Combining the arch-abstraction of the Cambridge School with the alternative urbanism of grime music, Marriott's latest collection is a lyric counterpart to the soundtrack it extols: a music of absolute refusal, forged of imperial history but resistant to its orders.
— Cam

Stag's Leap is quite simply the most stunning collection of break-up poetry I've ever read. Olds posses the unique ability to weave her grief into phenomenally vulnerable and patient lamentations. Take her outstretched hand and allow her meditations on abandonment and freedom to nourish your heart.
— Max

An exquisite call-and-answer essay-poem, manifestly about the materiality of the signifier and the body of the eponymous letter, but also love and gardening, phenomenology, process philosophy; G is a visually and conceptually exquisite book with many facets.
— Cam

Prose poems or short fictions? It hardly matters.

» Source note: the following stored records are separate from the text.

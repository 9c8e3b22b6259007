//! The client's side: moves wait until the server tells that it has them.
ghost use Rattle.std.specs.Prelude.{◌≡◌, [], ◌∷◌, ◌++◌, ◌+◌, ◌≤◌, length, OnOk, OnErr};
ghost use Rattle.std.specs.List.{AllByRecursion};
ghost use Rattle.tn_types.specs.Histories.{Does, Answers};
ghost use Rattle.wire_format.specs.Moves.{IsMove};
ghost use Rattle.bit_stream.specs.WorldMoves.{bits_of};

use crate::faults::{MoveAhead, MoveFault};
use bit_stream::bits_of_move;
use std::marker::Model;
use tn_types::{MAX_LIFE, MAX_PACKET_MOVES, MAX_UNACKNOWLEDGED_MOVES, Move, MoveBits};
use wire_format::{MoveList, Wire, is_move, move_width};

/// The moves of a client that the server may lack. Each packet carries all of them, so a lost packet costs nothing.
/// No call takes memory.
#[derive(Drop)]
pub struct MoveSender {
    wire: Wire,
    life: u32,
    first: u32,
    waiting: MoveList,
}

impl Model for MoveSender {
    ghost use Rattle.std.specs.Prelude.{◌≤◌, ◌+◌, length};
    ghost use Rattle.std.specs.List.{AllByRecursion};
    ghost use Rattle.wire_format.specs.Moves.{IsMove};
    ghost use Rattle.tn_types.specs.declared.limits.TheConstants.{MAX_LIFE};
    ghost use Rattle.move_manager.specs.Sending.{Sender};

    ghost Value = { Sender };

    ghost view = { λ s. record { wire = s.wire; life = s.life; first = s.first; waiting = s.waiting } };

    ghost invariant = { λ s. record {
      within : s.first + length s.waiting ≤ s.life;
      life : s.life ≤ MAX_LIFE;
      fits : AllByRecursion (IsMove s.wire) s.waiting;
    } };
}

impl MoveSender {
    ghost use Rattle.move_manager.specs.Sending.{Sampled, Acked, sampled_of, pending_of, sample_answer, acked_answer, after_acked, StandsFor};

    /// No move yet, on a connection whose datagrams are of this wire. `life` is 1 to 16,777,215.
    pub fn new(wire: Wire, life: u32) -> MoveSender
        requires least { 1 ≤ life }
        requires most { life ≤ MAX_LIFE }
        ensures value { result ≡ record { wire = wire; life = life; first = 0; waiting = [] } }
        ensures log { StandsFor result [] }
    {
        MoveSender {
            wire,
            life,
            first: 0,
            waiting: MoveList::new(),
        }
    }

    /// Takes a move of the player and gives its number. `TooWide` comes exactly where a bit is set that is not written, else `Worn`
    /// exactly where `life` moves were sampled, else `Full` exactly where 32 wait; nothing changes then (docs/connection.md, "Moves").
    #[tactic(auto, using(crate::proofs::Logs::sampled_more, crate::proofs::Logs::count_sampled, crate::proofs::Logs::fits_more))]
    pub fn sample_bits(&mut self, m: MoveBits) -> Result<u32, MoveFault>
        ensures answer { result ≡ sample_answer m self.old }
        ensures sampled { OnOk result (self.new ≡ record self.old { waiting = self.old.waiting ++ m ∷ [] }) }
        ensures refused { OnErr result (self.new ≡ self.old) }
        ensures log { OnOk result (Does StandsFor self.old (Sampled m) self.new) }
    {
        if !is_move(self.wire, m) {
            return Err(MoveFault::TooWide {
                width: move_width(self.wire),
            });
        }
        let number = self.first + self.waiting.len() as u32;
        if number == self.life {
            return Err(MoveFault::Worn { life: self.life });
        }
        if self.waiting.len() == MAX_UNACKNOWLEDGED_MOVES {
            return Err(MoveFault::Full {
                first: self.first,
                last: number - 1,
            });
        }
        self.waiting.push(m);
        Ok(number)
    }

    /// The same for a move of this project's own world, which is a number of ten bits.
    pub fn sample(&mut self, m: Move) -> Result<u32, MoveFault>
        ensures answer { result ≡ sample_answer (bits_of m) self.old }
        ensures sampled { OnOk result (self.new ≡ record self.old { waiting = self.old.waiting ++ bits_of m ∷ [] }) }
        ensures refused { OnErr result (self.new ≡ self.old) }
        ensures log { OnOk result (Does StandsFor self.old (Sampled (bits_of m)) self.new) }
    {
        self.sample_bits(bits_of_move(&m))
    }

    /// The server told that it has the first `count` moves. A lower count than before changes nothing;
    /// `MoveAhead` comes exactly where the count is above the moves sampled, and nothing changes then.
    #[tactic(auto, using(crate::proofs::Logs::acked_more, crate::proofs::Logs::count_sampled, crate::proofs::Logs::fits_less))]
    pub fn acked(&mut self, count: u32) -> Result<(), MoveAhead>
        ensures answer { result ≡ acked_answer count self.old }
        ensures acked { OnOk result (self.new ≡ after_acked count self.old) }
        ensures refused { OnErr result (self.new ≡ self.old) }
        ensures log { OnOk result (Does StandsFor self.old (Acked count) self.new) }
    {
        let sampled = self.first + self.waiting.len() as u32;
        if count > sampled {
            return Err(MoveAhead { count, sampled });
        }
        if count > self.first {
            let (_, rest) = self
                .waiting
                .as_slice()
                .split_at((count - self.first) as usize);
            self.waiting = listed(rest);
            self.first = count;
        }
        Ok(())
    }

    /// The number of the first move that the server may lack, and all moves from it on, lent: what a packet carries.
    pub fn pending(&self) -> (u32, &MoveList)
        ensures first { result.0 ≡ self.now.first }
        ensures moves { result.1.now ≡ self.now.waiting }
        ensures within { result.0 ≤ self.now.life }
        ensures fits { AllByRecursion (IsMove self.now.wire) result.1.now }
        ensures log { Answers StandsFor self.now pending_of (result.0, result.1.now) }
    {
        (self.first, &self.waiting)
    }

    /// How many moves were sampled so far.
    #[tactic(auto, using(crate::proofs::Logs::count_sampled))]
    pub fn sampled(&self) -> u32
        ensures value { result ≡ self.now.first + length self.now.waiting }
        ensures within { result ≤ self.now.life }
        ensures log { Answers StandsFor self.now (λ log. length (sampled_of log)) result }
    {
        self.first + self.waiting.len() as u32
    }
}

// These moves as a list.
fn listed(moves: &[MoveBits]) -> MoveList
    requires { length moves.now ≤ MAX_PACKET_MOVES }
    ensures { result ≡ moves.now }
{
    let mut list = MoveList::new();
    for m in moves {
        list.push(*m);
    }
    list
}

These are thirty distant lights in a dark, snowy night; a warm body as lonely as yours in your bed; a sign on the long, deserted highway. These are fables unconcerned with morals.
— Sarah G.

Reading these poems now, whether your first or tenth time, is heartbreaking. We've learned nothing.
— Yvonne

Localized and totalistic, this lyrical tract evinces political militancy in poetry more than anything I read last year, dancing adeptly between obvious snares of slogan and stoicism, so-called realism and social collage. Poetry is a revolutionist's mnemonic in these pages, something to train upon: “My dear, if it is not a city, it is a prison. If it has a prison, it is a prison. Not a city.”
— Cam

When this memoir by a New School Poet was released in 1970, everyone said,"This is genius," and "Why didn't I think of that?"